Activity -
Every line of the material that holds "store" should be counted; give the number and nothing more.

Dataset -
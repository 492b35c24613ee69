//! Headers that the settings add to answers.
ghost use Rattle.std.specs.Prelude.{◌≡◌, ◌≤◌, ◌==◌, ◌++◌, List, ℕ, drop, length, position, take, IfOk, OnOk};
ghost use Rattle.radio_heads.specs.Additions.{added_lines, behind_first_line, cache_lines, sandbox_lines, with_additions};

use crate::OutOfMemory;
use crate::writing::push_header;
use std::alloc::Global;

/// Which headers an answer has in addition.
#[derive(Clone, Copy, Debug, PartialEq, Eq)]
pub struct Additions {
    /// `Cache-Control: no-cache, no-store`: no cache keeps it (RFC 9111, sections 5.2.2.4 and 5.2.2.5).
    pub forbids_caching: bool,
    /// `Content-Security-Policy: sandbox` and `X-Content-Type-Options: nosniff`: a browser runs nothing of it, and takes it
    /// for nothing but what its type says (Content Security Policy, level 3; the Fetch standard, section 3.6).
    pub is_sandboxed: bool,
}

/// Returns an answer's text with these headers behind its status line. Without any the text is as it was.
///
/// The only error is `OutOfMemory`.
#[tactic(auto, using(crate::proofs::AdditionLemmas::behind_none))]
pub fn add_headers(
    alloc: Global,
    additions: Additions,
    text: Vec<u8>,
) -> Result<Vec<u8>, OutOfMemory>
    ensures { IfOk result (λ whole. whole.items ≡ with_additions additions text.items) }
{
    if !additions.forbids_caching && !additions.is_sandboxed {
        return Ok(text);
    }
    written_with(alloc, additions, text.as_slice())
}

fn written_with(alloc: Global, additions: Additions, text: &[u8]) -> Result<Vec<u8>, OutOfMemory>
    ensures { IfOk result (λ whole. whole.items ≡ with_additions additions text.now) }
{
    let end = first_line(text);
    let mut whole = Vec::new(alloc);
    whole.extend_from_slice(&text[..end])?;
    push_additions(&mut whole, additions)?;
    whole.extend_from_slice(&text[end..])?;
    Ok(whole)
}

/// How many bytes the first line has, with its end.
#[tactic(auto, using(crate::proofs::AdditionLemmas::behind_found, crate::proofs::AdditionLemmas::behind_missing))]
fn first_line(text: &[u8]) -> usize
    ensures within { result ≤ length text.now }
    ensures behind { (lines : List ℕ) → behind_first_line lines text.now ≡ take result text.now ++ lines ++ drop result text.now }
{
    match line_feed(text) {
        Some(place) => place + 1,
        None => text.len(),
    }
}

fn line_feed(text: &[u8]) -> Option<usize>
    ensures { result ≡ position (λ byte. byte == 10) text.now }
{
    text.iter().position(|byte| *byte == b'\n')
}

fn push_additions(text: &mut Vec<u8>, additions: Additions) -> Result<(), OutOfMemory>
    ensures { OnOk result (text.new.items ≡ text.old.items ++ added_lines additions) }
{
    push_cache(text, additions.forbids_caching)?;
    push_sandbox(text, additions.is_sandboxed)
}

fn push_cache(text: &mut Vec<u8>, forbids: bool) -> Result<(), OutOfMemory>
    ensures { OnOk result (text.new.items ≡ text.old.items ++ cache_lines forbids) }
{
    if !forbids {
        return Ok(());
    }
    push_header(text, "Cache-Control", b"no-cache, no-store")
}

fn push_sandbox(text: &mut Vec<u8>, sandboxed: bool) -> Result<(), OutOfMemory>
    ensures { OnOk result (text.new.items ≡ text.old.items ++ sandbox_lines sandboxed) }
{
    if !sandboxed {
        return Ok(());
    }
    push_header(text, "Content-Security-Policy", b"sandbox")?;
    push_header(text, "X-Content-Type-Options", b"nosniff")
}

Response to this task -
2